#### Problem statement:
Search the entries for lines with the string "this" and say how many there are, giving only the number.

(Data entries)
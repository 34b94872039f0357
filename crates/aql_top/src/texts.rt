ghost use Rattle.std.specs.Prelude.{◌≡◌, IfOk};
ghost use Rattle.aql_lex.specs.Faults.{lex_text};
ghost use Rattle.aql_top.specs.Texts.{query_fault_text, at_byte};
ghost use Rattle.aql_top.specs.Texts.{scope_text, of_name, wrong_arity};

use crate::QueryFault;
use aql_lex::LexKind;
use aql_scope::ScopeFault;
use aql_script::{LimitKind, limit_text};
use aql_value::{OutOfMemory, Text};
use std::alloc::Global;

/// The text of a fault, as it stands on the error output after `aql: `.
pub fn query_fault_text(alloc: Global, fault: &QueryFault) -> Result<Text, OutOfMemory>
    ensures { IfOk result (λ t. t ≡ query_fault_text fault.now) }
{
    match fault {
        QueryFault::TooLong => limit_text(alloc, LimitKind::QueryBytes),
        QueryFault::Lexical { place, kind } => at_byte(alloc, *place, *kind),
        QueryFault::TooDeep => limit_text(alloc, LimitKind::Nesting),
        QueryFault::TooManyClauses => limit_text(alloc, LimitKind::Clauses),
        QueryFault::NotInGrammar => Text::new(alloc, "query: not in the grammar"),
        QueryFault::TraversalTooDeep => limit_text(alloc, LimitKind::TraversalDepth),
        QueryFault::Scope(fault) => scope_text(alloc, fault),
        QueryFault::Memory => Text::new(alloc, "out of memory"),
    }
}

fn at_byte(alloc: Global, place: u32, kind: LexKind) -> Result<Text, OutOfMemory>
    ensures { IfOk result (λ t. t ≡ at_byte place (lex_text kind)) }
{
    let text = format!(in alloc; "query: byte {place}: {kind}")?;
    Text::from_string(text)
}

fn scope_text(alloc: Global, fault: &ScopeFault) -> Result<Text, OutOfMemory>
    ensures { IfOk result (λ t. t ≡ scope_text fault.now) }
{
    match fault {
        ScopeFault::UnknownName { name } => of_name(alloc, "unknown name", name),
        ScopeFault::Redeclared { name } => of_name(alloc, "declared twice", name),
        ScopeFault::UnknownCollection { name } => of_name(alloc, "unknown collection", name),
        ScopeFault::UnknownFunction { name } => of_name(alloc, "unknown function", name),
        ScopeFault::WrongArity { name, given } => wrong_arity(alloc, name, *given),
        ScopeFault::NotEdge { name } => of_name(alloc, "not an edge collection", name),
        ScopeFault::SubqueryNotAllowed => Text::new(alloc, "query: subquery not allowed"),
        ScopeFault::BadOption { name } => of_name(alloc, "bad option", name),
        ScopeFault::Memory => Text::new(alloc, "out of memory"),
    }
}

fn of_name(alloc: Global, what: &str, name: &Text) -> Result<Text, OutOfMemory>
    ensures { IfOk result (λ t. t ≡ of_name what.now name.now) }
{
    let name = name.as_str();
    let text = format!(in alloc; "query: {what} {name}")?;
    Text::from_string(text)
}

fn wrong_arity(alloc: Global, name: &Text, given: u32) -> Result<Text, OutOfMemory>
    ensures { IfOk result (λ t. t ≡ wrong_arity name.now given) }
{
    let name = name.as_str();
    let text = format!(in alloc; "query: wrong number of arguments {name} {given}")?;
    Text::from_string(text)
}
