use aql_lex::{LexFault, LexKind};
use aql_parse::ParseFault;
use aql_scope::ScopeFault;

/// Why a text gives no query. Where several causes hold, the first of this list is told.
pub enum QueryFault {
    /// The text has more than 65,536 bytes.
    TooLong,
    /// At this place, counted in bytes from 0, no token can be taken.
    Lexical { place: u32, kind: LexKind },
    /// More than 64 brackets, ternaries and signs are open at once.
    TooDeep,
    /// There are more than 256 clause words and assignments.
    TooManyClauses,
    /// The grammar has no query with these tokens.
    NotInGrammar,
    /// A traversal goes deeper than 32 edges.
    TraversalTooDeep,
    /// A name, a number of arguments, a subquery or a setting that may not stand where it does; the
    /// first in the order of the text.
    Scope(ScopeFault),
    /// Memory ran out.
    Memory,
}

impl Drop for QueryFault {
    fn drop(self) {
        match self {
            QueryFault::TooLong
            | QueryFault::Lexical { place: _, kind: _ }
            | QueryFault::TooDeep
            | QueryFault::TooManyClauses
            | QueryFault::NotInGrammar
            | QueryFault::TraversalTooDeep
            | QueryFault::Scope(_)
            | QueryFault::Memory => {}
        }
    }
}

impl From<LexFault> for QueryFault {
    ghost use Rattle.std.specs.Prelude.{◌≡◌};
    ghost use Rattle.aql_top.specs.Causes.{of_lex};

    ghost from_gives = { λ fault given. given ≡ of_lex fault };

    fn from(fault: LexFault) -> QueryFault {
        match fault {
            LexFault::At { place, kind } => QueryFault::Lexical { place, kind },
            LexFault::Memory => QueryFault::Memory,
        }
    }
}

impl From<ParseFault> for QueryFault {
    ghost use Rattle.std.specs.Prelude.{◌≡◌};
    ghost use Rattle.aql_top.specs.Causes.{of_parse};

    ghost from_gives = { λ fault given. given ≡ of_parse fault };

    fn from(fault: ParseFault) -> QueryFault {
        match fault {
            ParseFault::TooDeep => QueryFault::TooDeep,
            ParseFault::TooManyClauses => QueryFault::TooManyClauses,
            ParseFault::NotInGrammar => QueryFault::NotInGrammar,
            ParseFault::TraversalTooDeep => QueryFault::TraversalTooDeep,
            ParseFault::Memory => QueryFault::Memory,
        }
    }
}

impl From<ScopeFault> for QueryFault {
    ghost use Rattle.std.specs.Prelude.{◌≡◌};
    ghost use Rattle.aql_top.specs.Causes.{of_scope};

    ghost from_gives = { λ fault given. given ≡ of_scope fault };

    fn from(fault: ScopeFault) -> QueryFault {
        match &fault {
            ScopeFault::Memory => QueryFault::Memory,
            _ => QueryFault::Scope(fault),
        }
    }
}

#### Exercise answer:
2